Question

A chemist wishes to decrease the vapor pressure of a large volume of water. Which amount of solute will decrease it the most? (Note: Assume each sample of solute completely dissolves in the water.)

A)0.10 mol Al2(SO4)3

B)0.10 mol sucrose

C)0.40 mol glucose

D)0.20 mol NaCl

Answer 1

Answer:c

Step-by-step explanation:

Answer 2

Answer: A) 0.10 mol
`Al_2(SO_4)_3`

Step-by-step explanation:

As the relative lowering of vapor pressure is directly proportional to the amount of dissolved solute.

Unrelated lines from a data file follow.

// An answer in 02's numbers.
ghost use Rattle.std.specs.Prelude.{◌≡◌};
ghost use Rattle.images.specs.Numbers.{numbers as numbers02, refusal as refusal02, answered};

use crate::{Answer, Fault};

// What a case does not use is 0.
#[derive(Drop)]
pub struct Fields {
    pub number: u64,
    pub offset: u64,
    pub count: u64, // of records; for 24, of the numbers that are needed
}

fn refusal(number: u64, at: usize) -> Fields
    ensures { answered result ≡ refusal02 number at }
{
    Fields {
        number,
        offset: at as u64,
        count: 0,
    }
}

#[tactic(auto, unfolding(crate::specs::Numbers::numbers))]
pub fn numbers(a: Answer) -> Fields
    ensures { answered result ≡ numbers02 a }
{
    match a {
        Ok(n) => Fields {
            number: 0,
            offset: 0,
            count: n as u64,
        },
        Err(Fault::Unknown(at)) => refusal(13, at),
        Err(Fault::Malformed(at)) => refusal(14, at),
        Err(Fault::Children(at)) => refusal(15, at),
        Err(Fault::Underived(at)) => refusal(16, at),
        Err(Fault::Short(n)) => Fields {
            number: 24,
            offset: 0,
            count: n as u64,
        },
    }
}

The formula for relative lowering of vapor pressure will be,

`(p^o-p_s)/(p^o)=i* x_2`

where,

`(p^o-p_s)/(p^o)`= relative lowering in vapor pressure

i = Van'T Hoff factor

`x_2` = mole fraction of solute

1. For 0.10 mol
`Al_2(SO_(4))_3`

`Al_2(SO_4)_3\rightarrow 2Al^(3+)+3SO_4^(2-)`

, i= 5 as it is a electrolyte and dissociate to give 5 ions. and concentration of ions will be
`2* 0.1+3* 0.1=0.5`

2. For 0.10 mol sucrose

, i= 1 as it is a non electrolyte and does not dissociate, concentration of ions will be
`1* 0.1=0.1`

3. For 0.40 mol glucose

, i= 1 as it is a non electrolyte and does not dissociate, concentration of ions will be
`1* 0.4=0.4`

4. For 0.2
`NaCl`

`NaCl\rightarrow Na^(+)+Cl^(-)`

, i= 2 as it is a electrolyte and dissociate to give 2 ions, concentration of ions will be
`1* 0.2+1* 0.2=0.4`

Thus as concentration of solute is highest for
`Al_2(SO_4)_3` , the vapor pressure will be lowest.